In the records below, count every line containing "asked". Reply with the number only.

Stored data entries:
■ ■ ■ ■ ■

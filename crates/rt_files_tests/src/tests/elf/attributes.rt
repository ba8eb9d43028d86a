//! The architecture that a section of attributes names.

use super::files::ONE_SEGMENT;
use super::names::{low_half, overwrite, push_section};
use crate::tests::same;
use rt_elf::architecture;
use std::alloc::{AllocError, Global};
use std::process::Abort;
use std::test::Fail;

/// The section that `as -march=rv32ima_zba` of binutils 2.40 makes.
static GNU: [u8; 52] = [
    0x41, 0x33, 0x00, 0x00, 0x00, 0x72, 0x69, 0x73, 0x63, 0x76, 0x00, 0x01, 0x29, 0x00, 0x00, 0x00,
    0x05, 0x72, 0x76, 0x33, 0x32, 0x69, 0x32, 0x70, 0x31, 0x5f, 0x6d, 0x32, 0x70, 0x30, 0x5f, 0x61,
    0x32, 0x70, 0x31, 0x5f, 0x7a, 0x6d, 0x6d, 0x75, 0x6c, 0x31, 0x70, 0x30, 0x5f, 0x7a, 0x62, 0x61,
    0x31, 0x70, 0x30, 0x00,
];

/// The section that `clang -march=rv32im` and lld 14 make, with the stack's alignment before the architecture.
static LLVM: [u8; 33] = [
    0x41, 0x20, 0x00, 0x00, 0x00, 0x72, 0x69, 0x73, 0x63, 0x76, 0x00, 0x01, 0x16, 0x00, 0x00, 0x00,
    0x04, 0x10, 0x05, 0x72, 0x76, 0x33, 0x32, 0x69, 0x32, 0x70, 0x30, 0x5f, 0x6d, 0x32, 0x70, 0x30,
    0x00,
];

/// The first file with a section of attributes of these contents, behind a section that isn't one.
fn file_with(alloc: Global, contents: &[u8]) -> Result<Vec<u8>, AllocError> {
    let mut file = Vec::from_slice(alloc, &ONE_SEGMENT)?;
    let end = 88_u32.wrapping_add(low_half(contents.len()));
    overwrite(&mut file, 32, &end.to_le_bytes());
    overwrite(&mut file, 48, &[2]);
    file.extend_from_slice(contents)?;
    push_section(&mut file, 1, [88, 4, 0, 0])?;
    push_section(&mut file, 0x7000_0003, [88, low_half(contents.len()), 0, 0])?;
    Ok(file)
}

/// Looks at the architecture that such a section names.
fn names(
    rt: &impl Abort,
    alloc: Global,
    contents: &[u8],
    named: Option<&[u8]>,
) -> Result<(), AllocError> {
    let file = file_with(alloc, contents)?;
    same(rt, contents, architecture(&file), named);
    Ok(())
}

#[test]
fn architectures_of_compilers(rt: HostRuntime) -> Result<(), Fail> {
    let gnu = b"rv32i2p1_m2p0_a2p1_zmmul1p0_zba1p0";
    names(&rt, rt.alloc(), &GNU, Some(gnu))?;
    names(&rt, rt.alloc(), &LLVM, Some(b"rv32i2p0_m2p0"))?;
    Ok(())
}

/// Sections that were made by hand, and what they name.
static SECTIONS: [(&[u8], Option<&[u8]>); 8] = [
    // another vendor before; attributes of a section before; a number of two bytes and another text before
    (
        b"A\x0a\0\0\0gnu\0\x01\x02\x25\0\0\0riscv\0\x02\x07\0\0\0\x03\0\x01\x14\0\0\0\x04\x80\x01\x07x\0\x05rv32e\0\x06\x01",
        Some(b"rv32e"),
    ),
    // a tag of three bytes before
    (
        b"A\x1a\0\0\0riscv\0\x01\x10\0\0\0\x80\x80\x01\x07\x05rv32e\0",
        Some(b"rv32e"),
    ),
    (b"", None),
    // another version of the format, another vendor alone, a section's attributes alone, no tag 5, numbers without an end
    (b"B\x16\0\0\0riscv\0\x01\x0c\0\0\0\x05rv32i\0", None),
    (b"A\x14\0\0\0gnu\0\x01\x0c\0\0\0\x05rv32i\0", None),
    (b"A\x16\0\0\0riscv\0\x02\x0c\0\0\0\x05rv32i\0", None),
    (b"A\x16\0\0\0riscv\0\x01\x0c\0\0\0\x07rv32i\0", None),
    (
        b"A\x16\0\0\0riscv\0\x01\x0c\0\0\0\xff\xff\xff\xff\xff\xff\xff",
        None,
    ),
];

#[test]
fn architectures_of_hand_made_sections(rt: HostRuntime) -> Result<(), Fail> {
    for (contents, named) in &SECTIONS {
        names(&rt, rt.alloc(), contents, *named)?;
    }
    Ok(())
}

/// A file that is cut anywhere names none.
fn cut_file(rt: &impl Abort, file: &[u8]) {
    for len in 0..file.len() {
        same(rt, len, architecture(&file[..len]), None);
    }
}

/// A section that is cut names none, wherever it is; nor does a file without one.
#[test]
fn sections_that_are_cut(rt: HostRuntime) -> Result<(), Fail> {
    for len in 0..GNU.len() {
        names(&rt, rt.alloc(), &GNU[..len], None)?;
    }
    let file = file_with(rt.alloc(), &GNU)?;
    cut_file(&rt, &file);
    same(&rt, "no section", architecture(&ONE_SEGMENT), None);
    Ok(())
}
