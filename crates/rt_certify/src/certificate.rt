//! What is asked of a program, and what is reported of it.

use rt_exec::Fault;
use std::fmt;

/// What each job is compared with. A job has as many periods as it takes budgets.
#[derive(Clone, Copy, PartialEq, Eq)]
pub struct Limits {
    /// The most ticks of a job, for each period that it may have.
    pub budget: u32,
    /// The least number of ticks from a release to the tick until which its job sleeps, for each period that the job has.
    pub period: u32,
    /// The most periods of a job.
    pub periods: u32,
}

impl Limits {
    ghost use Rattle.std.specs.Prelude.{◌≡◌, ◌*◌, ◌<◌, ◌≤◌};
    ghost use Rattle.rt_certify.specs.Opened.{most_ticks};
    ghost use Rattle.rt_certify.specs.Refused.{Takes, reported_periods};

    /// The most ticks of a job.
    pub(crate) fn most_ticks(self) -> u64
        ensures { result ≡ most_ticks self }
    {
        u64::from(self.periods) * u64::from(self.budget)
    }

    /// How many periods a job of so many ticks has: as many as it takes budgets.
    pub(crate) fn periods_of(self, ticks: u64) -> u64
        requires { 0 < self.budget }
        ensures { Takes self.budget ticks result }
    {
        ticks.div_ceil(u64::from(self.budget))
    }

    /// The least number of ticks from the release of a job of so many periods to the tick until which it sleeps.
    pub(crate) fn distance_of(self, periods: u64) -> u64
        requires { periods ≤ self.periods }
        ensures { result ≡ periods * self.period }
    {
        periods * u64::from(self.period)
    }

    /// The number of a job's periods, reported where jobs may have several.
    pub(crate) fn reported_periods(self, periods: u64) -> Option<u64>
        ensures { result ≡ reported_periods self periods }
    {
        (self.periods > 1).then_some(periods)
    }
}

/// The jobs of a program that kept to the limits.
#[derive(Clone, Copy, PartialEq, Eq)]
pub struct Certificate {
    /// How many jobs were finished.
    pub jobs: u64,
    /// The most ticks of one of them, 0 where there are none.
    pub longest: u64,
    /// The least number of ticks from the release of one of them to the tick until which it slept; none where none slept.
    pub distance: Option<u64>,
    /// The tick at which the next job is released; none where the program has ended.
    pub next: Option<u64>,
}

/// A job of a program.
#[derive(Clone, Copy, Debug, PartialEq, Eq)]
pub struct JobAt {
    /// Its number, from 0.
    pub job: u64,
    /// The tick of its release.
    pub release: u64,
}

/// The jobs that have a certificate's numbers.
#[derive(Clone, Copy, Debug, PartialEq, Eq)]
pub struct Extremes {
    /// The first with the most ticks; none where no job was finished.
    pub longest: Option<JobAt>,
    /// The first with the least distance; none where none slept.
    pub distance: Option<JobAt>,
}

/// A certificate, and the jobs that have its numbers.
#[derive(Clone, Copy, PartialEq, Eq)]
pub struct PlacedCertificate {
    pub certificate: Certificate,
    pub extremes: Extremes,
}

/// The first attempt that breaks the limits, or after which nothing can be said.
#[derive(Clone, Copy, Debug, PartialEq, Eq)]
pub struct NotCertified {
    /// The number of its job, from 0.
    pub job: u64,
    /// The address of its instruction.
    pub pc: u32,
    pub reason: Reason,
}

/// What is wrong with an attempt.
#[derive(Clone, Copy, Debug, PartialEq, Eq)]
pub enum Reason {
    /// With it, the job that was released at tick `release` would have `ticks` ticks: one more than the most.
    OverBudget {
        release: u64,
        ticks: u64,
    },
    /// It is a yield.
    Yields,
    /// It asks for the tick or for a budget, whose answers depend on the set.
    Asks,
    /// It faults.
    Faults(Fault),
    /// It sleeps until tick `sleep`, less than a period after the tick `release` of its job; or, where jobs may have several, less than
    /// these `periods`.
    TooSoon {
        release: u64,
        sleep: u64,
        periods: Option<u64>,
    },
}

/// An address, as eight hexadecimal digits.
#[derive(Clone, Copy)]
struct Address(u32);

#[tactic(auto, using(crate::proofs::Hex::eight_digits))]
impl fmt::Display for Address {
    ghost use Rattle.std.specs.Prelude.{Some};
    ghost use Rattle.rt_words.specs.Hex.{hex};

    ghost output = { λ a. Some (hex 8 a.0) };

    fn fmt<W: fmt::Write>(&self, f: &mut fmt::Formatter<W>) -> fmt::Result {
        let address = self.0;
        write!(f, "{address:08x}")
    }
}

/// A fault, by its name.
#[derive(Clone, Copy)]
struct Name(Fault);

impl fmt::Display for Name {
    ghost use Rattle.std.specs.Prelude.{Some};
    ghost use Rattle.rt_exec.specs.Numbering.{fault_name};

    ghost output = { λ n. Some (fault_name n.0) };

    fn fmt<W: fmt::Write>(&self, f: &mut fmt::Formatter<W>) -> fmt::Result {
        match self.0 {
            Fault::Illegal => write!(f, "Illegal"),
            Fault::JumpMisaligned => write!(f, "JumpMisaligned"),
            Fault::FetchAccess => write!(f, "FetchAccess"),
            Fault::LoadMisaligned => write!(f, "LoadMisaligned"),
            Fault::LoadAccess => write!(f, "LoadAccess"),
            Fault::StoreMisaligned => write!(f, "StoreMisaligned"),
            Fault::StoreAccess => write!(f, "StoreAccess"),
            Fault::Break => write!(f, "Break"),
            Fault::UnknownCall => write!(f, "UnknownCall"),
        }
    }
}

/// A refusal is written as one line without its end.
impl fmt::Display for NotCertified {
    ghost use Rattle.std.specs.Prelude.{Some};
    ghost use Rattle.rt_certify.specs.RefusalText.{refusal_text};

    ghost output = { λ e. Some (refusal_text e) };

    fn fmt<W: fmt::Write>(&self, f: &mut fmt::Formatter<W>) -> fmt::Result {
        let NotCertified { job, pc, reason } = *self;
        let pc = Address(pc);
        match reason {
            Reason::OverBudget { release, ticks } => write!(
                f,
                "OverBudget job {job} pc {pc} release {release} ticks {ticks}"
            ),
            Reason::Yields => write!(f, "Yields job {job} pc {pc}"),
            Reason::Asks => write!(f, "Asks job {job} pc {pc}"),
            Reason::Faults(fault) => write!(f, "Faults job {job} pc {pc} {}", Name(fault)),
            Reason::TooSoon {
                release,
                sleep,
                periods: None,
            } => write!(
                f,
                "TooSoon job {job} pc {pc} release {release} sleep {sleep}"
            ),
            Reason::TooSoon {
                release,
                sleep,
                periods: Some(periods),
            } => write!(
                f,
                "TooSoon job {job} pc {pc} release {release} sleep {sleep} periods {periods}"
            ),
        }
    }
}
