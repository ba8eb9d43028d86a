//! Files beside the two: each byte changed to each other, and each length.

use super::files::{ONE_SEGMENT, ROM_AND_NAMES};
use super::reader::object_by_rules;
use super::set;
use crate::tests::same;
use rt_elf::{Made, elf_object};
use std::alloc::{AllocError, Global};
use std::test::Fail;

/// Whether the call makes of a file what the rules make of it.
fn agrees(alloc: Global, file: &[u8]) -> Result<bool, AllocError> {
    let wanted = object_by_rules(alloc, file)?;
    let wanted = wanted.map(|(bytes, left_out)| Made { bytes, left_out });
    Ok(elf_object(alloc, file) == wanted)
}

/// The first place, and the first byte there, with which the call and the rules don't agree.
fn first_apart(alloc: Global, whole: &[u8]) -> Result<Option<(usize, u8)>, AllocError> {
    let mut file = Vec::from_slice(alloc, whole)?;
    for (place, byte) in whole.iter().enumerate() {
        for other in 0..=255 {
            set(&mut file, place, other);
            if !agrees(alloc, &file)? {
                return Ok(Some((place, other)));
            }
        }
        set(&mut file, place, *byte);
    }
    Ok(None)
}

/// The first length to which a file is cut where they don't agree.
fn first_cut_apart(alloc: Global, whole: &[u8]) -> Result<Option<usize>, AllocError> {
    for len in 0..=whole.len() {
        if !agrees(alloc, &whole[..len])? {
            return Ok(Some(len));
        }
    }
    Ok(None)
}

#[test]
fn each_byte_of_one_segment(rt: HostRuntime) -> Result<(), Fail> {
    let found = first_apart(rt.alloc(), &ONE_SEGMENT)?;
    same(&rt, "apart", found, None);
    Ok(())
}

#[test]
fn each_byte_of_rom_and_names(rt: HostRuntime) -> Result<(), Fail> {
    let found = first_apart(rt.alloc(), &ROM_AND_NAMES)?;
    same(&rt, "apart", found, None);
    Ok(())
}

#[test]
fn each_length(rt: HostRuntime) -> Result<(), Fail> {
    let found = first_cut_apart(rt.alloc(), &ONE_SEGMENT)?;
    same(&rt, "one segment", found, None);
    let found = first_cut_apart(rt.alloc(), &ROM_AND_NAMES)?;
    same(&rt, "names", found, None);
    Ok(())
}
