//! The exit status of each way to end, and what words ask for.

use om_seq::AllocResult;
use om_shell::{Options, Outcome, ShellFault, status};
use om_shell_program::{ask_for_version, outcome_for, run_over, version, words_in};
use std::alloc::Global;
use std::io;
use std::io::{ErrorKind, Read, Write};
use std::rt::Runtime;
use std::sync::Wait;
use std::thread::Threads;

// A source that is accepted, and its mark.
const ACCEPTED: &str = "int x; int main(void){ x = 1; }\n%%\n";

// An end of which each read and each write fails.
#[derive(Drop)]
struct Broken;

impl Read for Broken {
    fn read(&mut self, _buf: &mut [u8]) -> io::Result<usize> {
        Err(io::Error::from(ErrorKind::BrokenPipe))
    }
}

impl Write for Broken {
    fn write(&mut self, _buf: &[u8]) -> io::Result<usize> {
        Err(io::Error::from(ErrorKind::BrokenPipe))
    }

    fn flush(&mut self) -> io::Result<()> {
        Ok(())
    }
}

// Two workers, and the source at the front of the input.
const OPTIONS: Options<'static> = Options {
    workers: 2,
    source: None,
};

/// Tells of each way to end whether its exit status is right, and whether words are understood: a line each, which ends
/// with ` is WRONG` where it is not. Its only error is out of memory.
pub(crate) fn statuses_are_right<R: Runtime + AllocGlobal + Threads + Wait + Sync>(
    rt: &R,
    alloc: Global,
) -> AllocResult<String> {
    let checks = [
        (
            "0 at quit and at the end of the input",
            is_0_at_the_end(rt, alloc)?,
        ),
        (
            "1 where the source is refused",
            is_1_where_refused(rt, alloc)?,
        ),
        ("0 for the version", is_0_for_the_version(alloc)),
        ("2 for wrong words and for help", is_2_for_words(rt, alloc)?),
        ("3 for each fault", is_3_for_faults(rt, alloc)?),
        ("words are understood", takes_words(alloc)?),
        ("the version is asked for", asks_for_the_version()),
    ];
    let mut told = String::new(alloc);
    for (check, is_right) in checks {
        let verdict = if is_right { "" } else { " is WRONG" };
        write!(told, "{check}{verdict}\n")?;
    }
    Ok(told)
}

// The outcome of a session over this input, whose answers are dropped.
fn outcome_of<R: Threads + Wait + Sync>(rt: &R, alloc: Global, input: &str) -> Outcome {
    let mut reader = input.as_bytes();
    run_over(rt, alloc, &mut reader, &mut Vec::new(alloc), OPTIONS)
}

fn is_0_at_the_end<R: Threads + Wait + Sync>(rt: &R, alloc: Global) -> AllocResult<bool> {
    for commands in ["", "step 0\n", "quit\n", "quit\nfoo\n", "foo\nprint x"] {
        let input = format!(in alloc; "{ACCEPTED}{commands}")?;
        if !matches!(outcome_of(rt, alloc, input.as_str()), Outcome::Ran(0)) {
            return Ok(false);
        }
    }
    Ok(true)
}

fn is_1_where_refused<R: Threads + Wait + Sync>(rt: &R, alloc: Global) -> AllocResult<bool> {
    for input in ["", "int main(void){ y = 1; }\n%%\nquit\n", "int x; /* a"] {
        let outcome = outcome_of(rt, alloc, input);
        if !matches!(outcome, Outcome::Ran(_)) || status(outcome) != 1 {
            return Ok(false);
        }
    }
    Ok(true)
}

fn is_0_for_the_version(alloc: Global) -> bool {
    let mut text = Vec::new(alloc);
    let is_told = matches!(version(&mut text), Outcome::Ran(0));
    is_told
        && text.as_slice() == b"ompback 0.9.0\n".as_slice()
        && matches!(version(&mut Broken), Outcome::Fault(ShellFault::Write))
}

fn is_2_for_words<R: Runtime + AllocGlobal + Threads + Wait + Sync>(
    rt: &R,
    alloc: Global,
) -> AllocResult<bool> {
    for word in [
        "--threads=0",
        "--threads=33",
        "--threads=x",
        "--what",
        "-V",
        "--help",
    ] {
        if status(outcome_for(rt, alloc, ["ompback", word].as_slice())?) != 2 {
            return Ok(false);
        }
    }
    let two_files = outcome_for(rt, alloc, ["ompback", "a.c", "b.c"].as_slice())?;
    Ok(status(two_files) == 2)
}

fn is_3_for_faults<R: Runtime + AllocGlobal + Threads + Wait + Sync>(
    rt: &R,
    alloc: Global,
) -> AllocResult<bool> {
    let read = run_over(rt, alloc, &mut Broken, &mut Vec::new(alloc), OPTIONS);
    let mut reader = "int x; /* a".as_bytes();
    let write = run_over(rt, alloc, &mut reader, &mut Broken, OPTIONS);
    let words = ["ompback", "there/is no/such file.c"];
    let file = outcome_for(rt, alloc, words.as_slice())?;
    Ok(
        matches!(read, Outcome::Fault(ShellFault::Read))
            && matches!(write, Outcome::Fault(ShellFault::Write))
            && matches!(file, Outcome::Fault(ShellFault::Read))
            && [read, write, file, Outcome::Fault(ShellFault::Memory)]
                .iter()
                .all(|outcome| status(*outcome) == 3),
    )
}

// What words ask for, as `WORKERS FILE`, with `-` for no file; `wrong` where they ask for no run.
fn told(alloc: Global, words: &[&str]) -> AllocResult<String> {
    match words_in(alloc, words) {
        Ok(asked) => {
            let file = asked.file.unwrap_or("-");
            format!(in alloc; "{} {file}", asked.workers)
        }
        Err(error) => {
            drop(error);
            String::from_str(alloc, "wrong")
        }
    }
}

fn takes_words(alloc: Global) -> AllocResult<bool> {
    for (words, wanted) in [
        (["ompback"].as_slice(), "2 -"),
        (["ompback", "--threads", "32", "a.c"].as_slice(), "32 a.c"),
        (["ompback", "--threads=0"].as_slice(), "wrong"),
        (["ompback", "--threads=33"].as_slice(), "wrong"),
        (["ompback", "--threads=x"].as_slice(), "wrong"),
        (["ompback", "--what"].as_slice(), "wrong"),
        (["ompback", "--help"].as_slice(), "wrong"),
    ] {
        if told(alloc, words)?.as_str() != wanted {
            return Ok(false);
        }
    }
    Ok(true)
}

fn asks_for_the_version() -> bool {
    [
        (["ompback", "--version"].as_slice(), true),
        (["ompback"].as_slice(), false),
        (["--version"].as_slice(), false),
        (["ompback", "-V"].as_slice(), false),
        (["ompback", "--version", "a.c"].as_slice(), false),
        (["ompback", "a.c", "--version"].as_slice(), false),
    ]
    .iter()
    .all(|(words, wanted)| ask_for_version(words) == *wanted)
}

■ ■ ■ ■ ■

→ **EXERCISE ANSWER**: 5